In Week 2 of the 2019 season against the Los Angeles Chargers, Johnson rushed 12 times for 41 yards and caught two passes for 47 yards and a touchdown as the Lions won 13–10. In Week 4 against the Kansas City Chiefs, Johnson rushed 26 times for 125 yards and caught two passes for 32 yards in the 34–30 loss. He was placed on injured reserve on October 22, 2019, after undergoing knee surgery. He was designated for return from injured reserve on December 4, 2019, and began practicing with the team again. He was activated on December 21, 2019, prior to Week 16. Overall, in the 2019 season, Johnson finished with 403 rushing yards and three rushing touchdowns to go along with 10 receptions for 127 receiving yards and one receiving touchdown.

On May 6, 2021, Johnson was waived by the Lions.

===Philadelphia Eagles (first stint)===
On May 7, 2021, Johnson was claimed off waivers by the Philadelphia Eagles. On August 17, 2021, he was waived by the Eagles with an injury designation and placed on injured reserve. He was released on August 26.

===San Francisco 49ers===
On September 14, 2021, Johnson was signed to the practice squad of the San Francisco 49ers. He was released on October 5.

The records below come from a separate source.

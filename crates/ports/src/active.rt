// The list of active ports, gone through place by place: the entry, the last, the count, the one with a link.
ghost use Rattle.std.specs.Prelude.{◌≡◌, ◌<◌, ◌≤◌, length, IfSome, unwrap_or};
ghost use Rattle.ports.specs.Ports.{port_count, nowhere, linked_at, first_that, last_of, active_ports, entry};

use crate::Ports;

// The entry's place: of the active ports, that with the smallest time, the first where they are equal. None where no port is active.
pub(crate) fn entry_place(p: Ports) -> Option<usize>
    ensures place { unwrap_or result nowhere ≡ entry p }
    ensures inside { IfSome result (λ k. k < nowhere) }
{
    p.0.iter()
        .enumerate()
        .filter(|(_, q)| q.active)
        .min_by_key(|(_, q)| q.dc_receive_time)
        .map(|(k, _)| k)
}

// The highest active place.
#[tactic(auto, using(crate::proofs::Listed::last_found))]
pub(crate) fn last_place(p: Ports) -> Option<usize>
    ensures place { unwrap_or result nowhere ≡ last_of (active_ports p) }
    ensures inside { IfSome result (λ k. k < nowhere) }
{
    p.0.iter().rposition(|q| q.active)
}

// The first active place that is linked to this device.
#[tactic(auto, using(crate::proofs::Listed::first_active_found))]
pub(crate) fn linked_place(p: Ports, device: u16) -> Option<usize>
    ensures place { unwrap_or result nowhere ≡ first_that (linked_at p device) (active_ports p) }
    ensures inside { IfSome result (λ k. k < nowhere) }
{
    p.0.iter()
        .position(|q| q.active && q.downstream_to == Some(device))
}

// How many ports are active.
#[tactic(auto, using(crate::proofs::Listed::count_listed))]
pub(crate) fn count(p: Ports) -> usize
    ensures { (result ≡ length (active_ports p)) × (result ≤ port_count) }
{
    p.0.iter().filter(|q| q.active).count()
}
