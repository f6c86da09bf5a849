// One place of the record: which port it holds, and the record with one field of it changed.
ghost use Rattle.std.specs.Prelude.{◌≡◌, ◌<◌, ◌≤◌, MatchResult};
ghost use Rattle.refusal.specs.declared.Refusal.TheVariants.{BadPort};
ghost use Rattle.ports.specs.Ports.{port_count, nowhere, number_at, place_of, fresh_port, link_set};

use crate::{Port, Ports};
use refusal::Refusal;

// How many places there are. A place is a plain number below this and no type of its own: the definitions count with it (`between`, `assignable`).
pub(crate) const PLACE_COUNT: usize = 4;

// The number of the port at each place.
const NUMBERS: [u8; 4] = [0, 3, 1, 2];

// The place of the port with each number.
const PLACES: [usize; 4] = [0, 2, 3, 1];

// The number of the port at a place.
pub(crate) fn number_at(k: usize) -> u8
    requires { k < nowhere }
    ensures { result ≡ number_at k }
{
    NUMBERS[k]
}

// The place of the port with a number. Refuses 10.
pub(crate) fn place_of(n: u8) -> Result<usize, Refusal>
    ensures { MatchResult result (λ k. (n < port_count) × (k ≡ place_of n) × (k < nowhere)) (λ e. (port_count ≤ n) × (e ≡ BadPort)) }
{
    PLACES.get(usize::from(n)).copied().ok_or(Refusal::BadPort)
}

// A port with this number and no time and no link.
pub(crate) fn fresh_port(active: bool, number: u8) -> Port
    ensures { result ≡ fresh_port active number }
{
    Port {
        active,
        dc_receive_time: 0,
        number,
        downstream_to: None,
    }
}

// The record in which the port at a place is linked to this device.
#[tactic(auto, unfolding(crate::specs::Ports::link_set))]
pub(crate) fn linked_at(mut p: Ports, k: usize, device: u16) -> Ports
    requires { k < nowhere }
    ensures { result ≡ link_set p k device }
{
    p.0[k].downstream_to = Some(device);
    p
}
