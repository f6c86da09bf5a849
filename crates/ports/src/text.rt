// The text of a device's ports, word by word into a lent buffer.
ghost use Rattle.std.specs.Prelude.{◌≡◌, ◌+◌, ◌≤◌, length};
ghost use Rattle.wire.specs.Bytes.{laid, overlay};
ghost use Rattle.ports.specs.Display.{opening, word_of, word_most, words, text_of, text_most};
ghost use Rattle.ports.specs.Ports.{port_count};

use crate::Ports;
use crate::active::count;
use wire::lay;

// The bytes of `ports [ `.
const OPENING_BYTES: usize = 8;

// By how many an active port's word is shorter.
const SHORTER: usize = 2;

// The bytes of the text with no active port.
const TEXT_MOST: usize = 37;

// How long the text is: an active port's word is two bytes shorter.
#[tactic(auto, using(crate::proofs::Words::length_text))]
pub(crate) fn text_len(p: Ports) -> usize
    ensures { result ≡ length (text_of p) }
{
    TEXT_MOST - SHORTER * count(p)
}

// The word of an active port, or of another.
#[tactic(auto, unfolding(crate::specs::Display::word_of))]
fn word_of(active: bool) -> &'static [u8]
    ensures word { result.now ≡ word_of active }
    ensures most { length result.now ≤ word_most }
{
    if active { b"open " } else { b"closed " }
}

// Lays a port's word over the buffer; the place behind it.
fn put_word(buf: &mut [u8], at: usize, active: bool) -> usize
    requires { at ≤ text_most }
    ensures value { (result ≡ at + length (word_of active)) × (result ≤ at + word_most) }
    ensures buf_after { buf.new ≡ laid buf.old at (word_of active) }
{
    let word = word_of(active);
    lay(buf, at, word);
    at + word.len()
}

// Lays the words over the buffer behind the opening; the place behind them.
fn put_words(p: Ports, buf: &mut [u8]) -> usize
    requires { length opening + length (words p port_count) ≤ length buf.old }
    ensures value { result ≡ length opening + length (words p port_count) }
    ensures buf_after { buf.new ≡ overlay buf.old (length opening) (words p port_count) }
{
    let mut at = OPENING_BYTES;
    for q in p.0 {
        at = put_word(buf, at, q.active);
    }
    at
}

// Lays the text over the front of a buffer that is long enough.
#[tactic(auto, using(crate::proofs::Words::text_room, crate::proofs::Words::text_laid))]
pub(crate) fn put_text(p: Ports, buf: &mut [u8])
    requires { length (text_of p) ≤ length buf.old }
    ensures { buf.new ≡ overlay buf.old 0 (text_of p) }
{
    lay(buf, 0, b"ports [ ");
    let at = put_words(p, buf);
    lay(buf, at, b"]");
}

===Philadelphia Eagles (second stint)===
Following Miles Sanders suffering a broken bone in his hand and Jordan Howard suffering a stinger, Johnson was signed to the Eagles practice squad on December 28. He was released on January 10, 2022.

==Career statistics==

===NFL===

| Year | Team | Games |  | Rushing |  |  |  |  | Receiving |  |  |  |  | Fumbles |  |
| GP | GS | Att | Yds | Avg | Lng | TD | Rec | Yds | Avg | Lng | TD | Fum | Lost |
| 2018 | DET | 10 | 7 | 118 | 641 | 5.4 | 71 | 3 | 32 | 213 | 6.7 | 24 | 1 | 1 | 1 |
| 2019 | DET | 8 | 8 | 113 | 403 | 3.6 | 20 | 3 | 10 | 127 | 12.7 | 36 | 1 | 1 | 1 |
| 2020 | DET | 16 | 2 | 52 | 181 | 3.5 | 14 | 2 | 19 | 187 | 9.8 | 20 | 1 | 1 | 1 |
| 2021 | SF | 1 | 0 | 0 | 0 | 0 | 0 | 0 | 0 | 0 | 0 | 0 | 0 | 0 | 0 |
| Total |  | 35 | 17 | 283 | 1,225 | 4.3 | 71 | 8 | 61 | 527 | 8.6 | 36 | 3 | 3 | 3 |

===College===

| Season | Team | GP | Rushing |  |  |  | Receiving |  |  |  |
| Att | Yds | Avg | TD | Rec | Yds | Avg | TD |
| 2015 | Auburn | 12 | 52 | 208 | 4.0 | 3 | 14 | 159 | 11.4 | 0 |
| 2016 | Auburn | 12 | 182 | 895 | 4.9 | 11 | 17 | 125 | 7.4 | 0 |
| 2017 | Auburn | 12 | 285 | 1,391 | 4.9 | 18 | 24 | 194 | 8.1 | 2 |
| Career |  | 36 | 519 | 2,494 | 4.8 | 32 | 55 | 478 | 8.7 | 2 |

== Coaching career ==
In June 2023, he was announced as the Director of Player Development at North Alabama. In 2024, he was made the team's running backs coach.

On April 17, 2025, East Tennessee State head coach Will Healy announced he had hired Johnson to coach running backs for the Buccaneers.

==Personal life==
Johnson and former MTV's The Real World: San Diego (2011 season) and The Challenge cast member Ashley Kelsey welcomed their first daughter, Snoh Marie Johnson, on June 8, 2021.